Filter the entries, keeping every line with the string "sooner".
+++
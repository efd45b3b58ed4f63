//! What an expression is where it stands, and what a constant one stands for.
ghost use Rattle.std.specs.Prelude.{◌≡◌, ◌≤◌, ◌&&◌, List, [], true, false, Some, MatchResult, All, Contains};
ghost use Rattle.vod_bits.specs.Bit.{BX};
ghost use Rattle.vod_bits.specs.Value.{all_known};
ghost use Rattle.vod_design.specs.Run.{eval, nothing};
ghost use Rattle.vod_operand.specs.declared.fault.Fault.{Fault};
ghost use Rattle.vod_operand.specs.Operands.{first, value, place_of, stands_before};
ghost use Rattle.vod_width.specs.Sizes.{look, in_context, constant_faults};
ghost use Rattle.vod_width.specs.Refusals.{Refused, HasNoValue, IsOwn, refusal_of};

use crate::decls::{Decls, Params};
use crate::expr::look_expr;
use crate::types::{Constant, Own, WidthFault};
use std::alloc::Global;
use vod_bits::WIDTH;
use vod_design::SizedExpr;
use vod_operand::{Fault, fault_beside, fault_of, fit, fit_own, value};
use vod_tree::Expr;

/// The expression as it is evaluated in a context: at its own size or the context's, whichever is larger, by its own sign (5.4.1,
/// 5.5.2). A context of 0 is a self-determined place. The refusal is the first fault of it and its parts.
pub fn size(
    alloc: Global,
    expr: &Expr,
    decls: &Decls<'_>,
    context: u8,
) -> Result<SizedExpr, WidthFault>
    requires { context ≤ WIDTH }
    ensures { MatchResult result (λ e. ((look decls.now expr.now).faults ≡ []) × (e ≡ in_context context (look decls.now expr.now))) (λ f. Refused f (look decls.now expr.now).faults) }
{
    let x = look_expr(alloc, decls, expr)?;
    let width = context.max(x.width);
    let signed = x.signed;
    let x = fit(alloc, x, width, signed)?;
    match x.tree {
        Ok(e) => Ok(e),
        Err(f) => Err(refusal(f)),
    }
}

/// What an expression is by itself: its size and sign, and whether it is constant. The refusal is that of `size`.
pub fn own(alloc: Global, expr: &Expr, decls: &Decls<'_>) -> Result<Own, WidthFault>
    ensures { MatchResult result (λ o. ((look decls.now expr.now).faults ≡ []) × IsOwn o (look decls.now expr.now)) (λ f. Refused f (look decls.now expr.now).faults) }
{
    let x = look_expr(alloc, decls, expr)?;
    match fault_of(&x.tree) {
        None => Ok(Own {
            width: x.width,
            signed: x.signed,
            constant: x.constant,
        }),
        Some(f) => Err(refusal(f)),
    }
}

/// The expression as it is evaluated at a size and sign that its place gives it, as among the expressions of a `case` (9.5): a size
/// that is at least its own. The refusal is that of `size`.
pub fn size_at(
    alloc: Global,
    expr: &Expr,
    decls: &Decls<'_>,
    width: u8,
    signed: bool,
) -> Result<SizedExpr, WidthFault>
    ensures { MatchResult result (λ e. ((look decls.now expr.now).faults ≡ []) × (e ≡ (look decls.now expr.now).sized width signed)) (λ f. Refused f (look decls.now expr.now).faults) }
{
    let x = look_expr(alloc, decls, expr)?;
    let x = fit(alloc, x, width, signed)?;
    match x.tree {
        Ok(e) => Ok(e),
        Err(f) => Err(refusal(f)),
    }
}

/// The value of a constant expression at its own size, and its sign. One that isn't constant, or whose value has x or z bits, is
/// refused at its first token.
pub fn constant(alloc: Global, expr: &Expr, params: &Params<'_>) -> Result<Constant, WidthFault>
    ensures { MatchResult result (λ c. (constant_faults (look params.now expr.now) ≡ []) × (c.value ≡ value (look params.now expr.now)) × (c.signed ≡ (look params.now expr.now).signed)) (λ f. Refused f (constant_faults (look params.now expr.now))) }
{
    let x = look_expr(alloc, params, expr)?;
    let x = fit_own(alloc, x)?;
    let (constant, signed, place) = (x.constant, x.signed, x.place);
    match x.tree {
        Ok(e) => known(alloc, &e, constant, signed, place),
        Err(f) => Err(refusal(fault_beside(f, constant, place))),
    }
}

/// The first fault of several is one of them, and none of them stands before it.
pub fn first_is_least()
    ensures { (faults : List Fault) (f : Fault) → first faults ≡ Some f → Contains faults f × All (λ g. stands_before (place_of g) (place_of f) ≡ false) faults }
{}

// A fault as a refusal.
pub(crate) fn refusal(fault: Fault) -> WidthFault
    ensures { result ≡ refusal_of fault }
{
    match fault {
        Fault::Rule(place) => WidthFault::Rule { place },
        Fault::Width(place) => WidthFault::Width { place },
        Fault::Open => WidthFault::Open,
    }
}

// The value of a tree without faults, where it is constant and known.
fn known(
    alloc: Global,
    e: &SizedExpr,
    constant: bool,
    signed: bool,
    place: u32,
) -> Result<Constant, WidthFault>
    ensures { MatchResult result (λ c. (constant ≡ true) × (all_known (eval BX [] (nothing BX) [] e.now) ≡ true) × (c.value ≡ eval BX [] (nothing BX) [] e.now) × (c.signed ≡ signed)) (λ f. HasNoValue f (constant && all_known (eval BX [] (nothing BX) [] e.now)) place) }
{
    if !constant {
        return Err(WidthFault::Rule { place });
    }
    match value(alloc, e)?.known() {
        Some(value) => Ok(Constant { value, signed }),
        None => Err(WidthFault::Rule { place }),
    }
}
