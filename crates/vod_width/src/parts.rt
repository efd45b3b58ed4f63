//! The parts of concatenations, and the arguments of calls.
ghost use Rattle.std.specs.Prelude.{◌≡◌, ◌+◌, ◌*◌, ◌&&◌, List, [], Some, None, Ok, true, if◌then◌else◌, min, max, nat_lt, slice_get, IfOk};
ghost use Rattle.std.specs.Option.{option_copied};
ghost use Rattle.vod_operand.specs.Operands.{Looked as Found};
ghost use Rattle.vod_width.specs.Sizes.{or_zero, look_concat, look_replicate};
ghost use Rattle.vod_width.specs.Calls.{called_of, open_called_of, width_of};
ghost use Rattle.vod_operand.specs.Found.{Sees, SeesAs, Saw};
ghost use Rattle.vod_width.specs.View.{SeesKind, SeesParts, IsNumbered, with_tree_of, concat_tree_of, replicate_tree_of, inputs_of, call_tree_of, fault_of_trees};

use crate::decls::{Declared, Sort};
use crate::limit::{Limit, Numbered, own_number_within};
use crate::select::{capped, left_open, misused};
use sqlite_items::{Boxed, Items};
use std::alloc::{AllocError, Global};
use vod_bits::{WIDTH, Word};
use vod_design::{Size, SizedExpr, SizedKind};
use vod_operand::{Fault, Looked, WIDE, both_hold, fit, sooner, unplaced, unsized_node};
use vod_tree::let_go;

// Parts, each at its own size: the sum of their widths, whether all have a width and whether all are constant, and their trees or the
// first fault.
#[derive(Drop)]
pub struct Parts {
    pub width: u8,
    pub sized: bool,
    pub constant: bool,
    pub trees: Result<Items<SizedExpr>, Fault>,
}

// No parts.
pub(crate) fn no_parts(alloc: Global) -> Parts
    ensures { SeesParts result [] }
{
    Parts {
        width: 0,
        sized: true,
        constant: true,
        trees: Ok(Items::new(alloc)),
    }
}

// The sum of two widths, as far as it counts.
pub(crate) fn wider(a: u8, b: u8) -> u8
    ensures { result ≡ min (a + b) 65 }
{
    a.saturating_add(b).min(WIDE)
}

// A tree behind others, or the sooner fault.
pub(crate) fn with_tree(
    trees: Result<Items<SizedExpr>, Fault>,
    tree: Result<SizedExpr, Fault>,
) -> Result<Result<Items<SizedExpr>, Fault>, AllocError>
    ensures { IfOk result (λ r. r ≡ with_tree_of trees tree) }
{
    match trees {
        Ok(mut trees) => match tree {
            Ok(tree) => {
                trees.push(tree)?;
                Ok(Ok(trees))
            }
            Err(g) => Ok(Err(g)),
        },
        Err(f) => match tree {
            Ok(_) => Ok(Err(f)),
            Err(g) => Ok(Err(sooner(f, g))),
        },
    }
}

// A part behind others.
pub(crate) fn with_part(parts: Parts, x: Looked) -> Result<Parts, AllocError>
    ensures { IfOk result (λ r. (r.width ≡ min (parts.width + x.width) 65) × (r.sized ≡ (parts.sized && nat_lt 0 x.width)) × (r.constant ≡ (parts.constant && x.constant)) × (r.trees ≡ with_tree_of parts.trees x.tree)) }
{
    let trees = with_tree(parts.trees, x.tree)?;
    Ok(Parts {
        width: wider(parts.width, x.width),
        sized: both_hold(parts.sized, x.width > 0),
        constant: both_hold(parts.constant, x.constant),
        trees,
    })
}

// The sum of the widths of the parts, where all have one.
fn total(parts: &Parts) -> u8
    ensures { result ≡ (if parts.now.sized then parts.now.width else 0) }
{
    if parts.sized { parts.width } else { 0 }
}

// The tree of a concatenation.
pub(crate) fn concat_tree(trees: Result<Items<SizedExpr>, Fault>) -> Result<SizedExpr, Fault>
    ensures { result ≡ concat_tree_of trees }
{
    match trees {
        Ok(trees) => Ok(unsized_node(SizedKind::Concat(trees))),
        Err(f) => Err(f),
    }
}

// `{ }`
pub(crate) fn concat(parts: Parts) -> Looked
    ensures { (ys : List Found) → SeesParts parts ys → Sees result (look_concat ys) }
{
    let width = total(&parts);
    unplaced(width, false, parts.constant, concat_tree(parts.trees))
}

// So many times a width, as far as it counts.
fn times_wide(count: Word, width: u8) -> u8
    ensures { result ≡ min (count * width) 65 }
{
    count
        .saturating_mul(Word::from(width))
        .min(Word::from(WIDE)) as u8
}

// A count in a tree: one past `WIDTH` has too many bits.
fn tree_count(count: Word) -> u8
    ensures { result ≡ min count 64 }
{
    count.min(Word::from(WIDTH)) as u8
}

// The tree of a replication, unless there is a fault.
fn replicate_tree(
    alloc: Global,
    fault: Option<Fault>,
    count: u8,
    place: u32,
    width: u8,
    concat: Result<SizedExpr, Fault>,
) -> Result<Result<SizedExpr, Fault>, AllocError>
    ensures { IfOk result (λ r. r ≡ replicate_tree_of fault count place width concat) }
{
    match fault {
        None => match concat {
            Ok(concat) => {
                let concat = SizedExpr {
                    place,
                    width,
                    signed: false,
                    kind: concat.kind,
                };
                let concat = Boxed::new(alloc, concat)?;
                Ok(Ok(unsized_node(SizedKind::Replicate(count, concat))))
            }
            Err(g) => Ok(Err(g)),
        },
        Some(f) => match concat {
            Ok(_) => Ok(Err(f)),
            Err(g) => Ok(Err(sooner(f, g))),
        },
    }
}

// `{n{ }}`
pub(crate) fn replicate(
    alloc: Global,
    place: u32,
    count: Looked,
    parts: Parts,
) -> Result<Looked, AllocError>
    ensures { IfOk result (λ c. (x : Found) (ys : List Found) → Saw count x → SeesParts parts ys → SeesKind c (look_replicate place x ys)) }
{
    match own_number_within(alloc, Limit::Count, count) {
        Ok(count) => replicated(alloc, place, count, parts),
        Err(e) => {
            let_go(parts);
            Err(e)
        }
    }
}

// The same, where it is known what the count is.
fn replicated(
    alloc: Global,
    place: u32,
    count: Numbered,
    parts: Parts,
) -> Result<Looked, AllocError>
    ensures { IfOk result (λ c. (x : Found) (ys : List Found) → IsNumbered (nat_lt 0) count x → SeesParts parts ys → SeesKind c (look_replicate place x ys)) }
{
    let number = or_zero(count.number);
    let width = total(&parts);
    let constant = both_hold(count.constant, parts.constant);
    let concat = concat_tree(parts.trees);
    let times = tree_count(number);
    let tree = replicate_tree(alloc, count.fault, times, place, width, concat)?;
    Ok(unplaced(times_wide(number, width), false, constant, tree))
}

// A number, or 0.
fn or_zero(number: Option<Word>) -> Word
    ensures { result ≡ or_zero number }
{
    number.unwrap_or(0)
}

// The inputs of what is called.
pub(crate) fn inputs_of<'a>(callee: Option<&'a Declared>) -> &'a [Size]
    ensures { result.now ≡ inputs_of (option_copied callee.entry) }
{
    match callee {
        Some(Declared::Function(f)) => f.inputs.as_slice(),
        Some(Declared::Vector(_)) => &[],
        Some(Declared::Ram(_)) => &[],
        Some(Declared::Open(_)) => &[],
        None => &[],
    }
}

// The width of an input.
fn input_width(inputs: &[Size], at: usize) -> u8
    ensures { result ≡ width_of (slice_get inputs.now at) }
{
    match inputs.get(at) {
        Some(input) => input.width,
        None => 0,
    }
}

// An argument, at the larger size of it and of its input (10.4.3).
pub(crate) fn fit_argument(
    alloc: Global,
    inputs: &[Size],
    at: usize,
    x: Looked,
) -> Result<Looked, AllocError>
    ensures { IfOk result (λ c. (y : Found) → Saw x y → SeesAs c y (y.sized (max (width_of (slice_get inputs.now at)) y.width) y.signed)) }
{
    let width = input_width(inputs, at).max(x.width);
    let signed = x.signed;
    fit(alloc, x, width, signed)
}

// The first fault of the arguments.
fn fault_of_trees(trees: &Result<Items<SizedExpr>, Fault>) -> Option<Fault>
    ensures { result ≡ fault_of_trees trees.now }
{
    match trees {
        Ok(_) => None,
        Err(f) => Some(*f),
    }
}

// The tree of a call.
fn call_tree(number: u32, trees: Result<Items<SizedExpr>, Fault>) -> Result<SizedExpr, Fault>
    ensures { result ≡ call_tree_of number trees }
{
    match trees {
        Ok(trees) => Ok(unsized_node(SizedKind::Call(number, trees))),
        Err(f) => Err(f),
    }
}

// A call of an open name.
fn open_call(place: u32, sort: Sort, beside: Option<Fault>) -> Looked
    ensures { result ≡ open_called_of place sort beside }
{
    match sort {
        Sort::Net => misused(place, beside),
        Sort::Constant => misused(place, beside),
        Sort::Ram => misused(place, beside),
        Sort::Function => left_open(0, false, beside),
    }
}

// A call.
pub(crate) fn call(
    place: u32,
    callee: Option<&Declared>,
    trees: Result<Items<SizedExpr>, Fault>,
) -> Looked
    ensures { result ≡ called_of place (option_copied callee.entry) trees }
{
    match callee {
        Some(Declared::Function(f)) => {
            unplaced(capped(f.width), f.signed, false, call_tree(f.number, trees))
        }
        Some(Declared::Vector(_)) => misused(place, fault_of_trees(&trees)),
        Some(Declared::Ram(_)) => misused(place, fault_of_trees(&trees)),
        Some(Declared::Open(sort)) => open_call(place, *sort, fault_of_trees(&trees)),
        None => misused(place, fault_of_trees(&trees)),
    }
}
+++
RESPONSE AREA:
use vod_operand::{Fault, Looked, WIDE, both_hold, fit, sooner, unplaced, unsized_node};
// A tree behind others, or the sooner fault.
            Err(g) => Ok(Err(sooner(f, g))),
            Err(g) => Ok(Err(sooner(f, g))),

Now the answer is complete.